# [Problem]
Report how many lines in the entries below have the word "usize" in them, and give no other words.

[Saved data entries]
★ ★ ★ ★ ★ ★ ★
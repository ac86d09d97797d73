//! What holds of every file that is written.

ghost use Rattle.std.specs.Prelude.{◌≡◌, ℕ, List, Ok};
ghost use Rattle.rvm_asm.specs.Images.{Piece};
ghost use Rattle.rvm_elf.specs.File.{meaning, StandsFor};
ghost use Rattle.rvm_elf.specs.Spelling.{IsWritable, file_of, with_size};

/// The file of an image is read as the image, without segments that have no byte and no zero.
pub fn a_written_file_is_read_back()
    ensures { (entry : ℕ) (ps : List Piece) → IsWritable entry ps
        → meaning (file_of entry ps) ≡ Ok (entry, with_size ps) }
{}

/// The file of an image stands for it: whoever reads the file finds the same byte, or none, at each
/// address.
pub fn a_written_file_has_the_bytes_of_its_image()
    ensures { (entry : ℕ) (image : List Piece) → IsWritable entry image
        → StandsFor (file_of entry image) entry image }
{}
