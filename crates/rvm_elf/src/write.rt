//! Writes ELF files.

ghost use Rattle.std.specs.Prelude.{◌≡◌, ◌+◌, ◌*◌, ◌^◌, ◌<◌, ◌≤◌, ◌++◌, ◌↔◌, true, false, nat_le, if◌then◌else◌, IfOk, length, vec_len, vec_capacity};
ghost use Rattle.rvm_asm.specs.Images.{piece_of, pieces_of};
ghost use Rattle.rvm_elf.specs.declared.error.WriteError.TheVariants.{TooMany, OutOfReach};
ghost use Rattle.rvm_elf.specs.Spelling.{all_bytes, is_small, are_small, in_reach, elf_header, program_header, program_headers, file_of};

use crate::error::WriteError;
use crate::layout::{EM_RISCV, ET_EXEC, HEADER_SIZE, MAX_HEADERS, PROGRAM_HEADER_SIZE, PT_LOAD};
use rvm_asm::{Image, MAX_BYTES, Segment};
use rvm_codec::{append_bytes, append_u16s, append_u32s};
use std::alloc::Global;

/// The first 16 bytes of a file: the magic bytes, 32-bit, little-endian, version 1.
const IDENT: [u8; 16] = [0x7F, b'E', b'L', b'F', 1, 1, 1, 0, 0, 0, 0, 0, 0, 0, 0, 0];

/// The version of the format.
const EV_CURRENT: u32 = 1;

/// The flags of a part of the program that may be read, written and executed.
const READ_WRITE_EXECUTE: u32 = 7;

/// The ELF file of an image: the ELF header, a program header for each segment, whose address is its virtual and its
/// physical address, and then the bytes of all segments in order. Fails with `TooMany` if there are more than 16
/// segments; else with `OutOfReach` if all segments together have more than 2^24 bytes, or if the bytes and zeros of
/// one segment are 2^32 or more. `OutOfMemory` if memory runs out.
#[tactic(auto, unfolding(crate::specs::Spelling::file_of))]
pub fn write_image(alloc: Global, image: &Image) -> Result<Vec<u8>, WriteError>
    ensures file { IfOk result
        (λ v. v.items ≡ file_of image.now.entry (pieces_of image.now.segments.items)) }
    ensures many { (result ≡ Err TooMany) ↔ (16 < length image.now.segments.items) }
    ensures reach { (result ≡ Err OutOfReach)
        ↔ ((length image.now.segments.items ≤ 16) × (in_reach (pieces_of image.now.segments.items) ≡ false)) }
{
    let segments = image.segments.as_slice();
    if segments.len() > MAX_HEADERS {
        return Err(WriteError::TooMany);
    }
    let Some(count) = count_bytes(segments) else {
        return Err(WriteError::OutOfReach);
    };
    if !are_small(segments) {
        return Err(WriteError::OutOfReach);
    }
    let first = HEADER_SIZE + PROGRAM_HEADER_SIZE * segments.len();
    let mut file = Vec::with_capacity(alloc, first + count)?;
    append_elf_header(&mut file, image.entry, segments.len() as u16);
    append_program_headers(&mut file, first, segments);
    append_all_bytes(&mut file, segments);
    Ok(file)
}

/// The number of bytes of all segments together, or `None` if it is above 2^24.
fn count_bytes(segments: &[Segment]) -> Option<usize>
    ensures { result
        ≡ (if nat_le (length (all_bytes (pieces_of segments.now))) (2 ^ 24) then Some (length (all_bytes (pieces_of segments.now))) else None) }
{
    let mut count = 0;
    for segment in segments {
        count += segment.bytes.len();
        if count > MAX_BYTES {
            return None;
        }
    }
    Some(count)
}

/// Whether each segment has fewer than 2^32 bytes and zeros.
fn are_small(segments: &[Segment]) -> bool
    ensures { result ≡ are_small (pieces_of segments.now) }
{
    for segment in segments {
        if !is_small(segment) {
            return false;
        }
    }
    true
}

/// Whether a segment has fewer than 2^32 bytes and zeros.
fn is_small(segment: &Segment) -> bool
    ensures { result ≡ is_small (piece_of segment.now) }
{
    segment.bytes.len() as u64 + u64::from(segment.zeros) <= u64::from(u32::MAX)
}

/// Appends the ELF header of a file with `count` program headers.
fn append_elf_header(file: &mut Vec<u8>, entry: u32, count: u16)
    requires { vec_len file.old + 52 ≤ vec_capacity file.old }
    ensures items { file.new.items ≡ file.old.items ++ elf_header entry count }
    ensures len { vec_len file.new ≡ vec_len file.old + 52 }
    ensures capacity { vec_capacity file.old ≤ vec_capacity file.new }
{
    append_bytes(file, &IDENT);
    append_u16s(file, &[ET_EXEC, EM_RISCV]);
    append_u32s(file, &[EV_CURRENT, entry, HEADER_SIZE as u32, 0, 0]);
    append_u16s(
        file,
        &[
            HEADER_SIZE as u16,
            PROGRAM_HEADER_SIZE as u16,
            count,
            0,
            0,
            0,
        ],
    );
}

/// Appends a program header for each segment. The bytes of the first segment stand at the offset `first`.
fn append_program_headers(file: &mut Vec<u8>, first: usize, segments: &[Segment])
    requires room { vec_len file.old + 32 * length segments.now ≤ vec_capacity file.old }
    requires small { are_small (pieces_of segments.now) ≡ true }
    requires reach { first + length (all_bytes (pieces_of segments.now)) < 2 ^ 32 }
    ensures items { file.new.items
        ≡ file.old.items ++ program_headers first (pieces_of segments.now) }
    ensures len { vec_len file.new ≡ vec_len file.old + 32 * length segments.now }
    ensures capacity { vec_capacity file.old ≤ vec_capacity file.new }
{
    let mut offset = first;
    for segment in segments {
        append_program_header(file, offset as u32, segment);
        offset += segment.bytes.len();
    }
}

/// Appends the program header of a segment whose bytes stand at `offset`.
fn append_program_header(file: &mut Vec<u8>, offset: u32, segment: &Segment)
    requires room { vec_len file.old + 32 ≤ vec_capacity file.old }
    requires small { is_small (piece_of segment.now) ≡ true }
    ensures items { file.new.items
        ≡ file.old.items ++ program_header offset (piece_of segment.now) }
    ensures len { vec_len file.new ≡ vec_len file.old + 32 }
    ensures capacity { vec_capacity file.old ≤ vec_capacity file.new }
{
    let count = segment.bytes.len() as u32;
    append_u32s(
        file,
        &[
            PT_LOAD,
            offset,
            segment.address,
            segment.address,
            count,
            count + segment.zeros,
            READ_WRITE_EXECUTE,
            1,
        ],
    );
}

/// Appends the bytes of the segments in order.
fn append_all_bytes(file: &mut Vec<u8>, segments: &[Segment])
    requires { vec_len file.old + length (all_bytes (pieces_of segments.now))
        ≤ vec_capacity file.old }
    ensures { file.new.items ≡ file.old.items ++ all_bytes (pieces_of segments.now) }
{
    for segment in segments {
        append_bytes(file, &segment.bytes);
    }
}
★ ★ ★ ★ ★ ★ ★
# [Response box]
2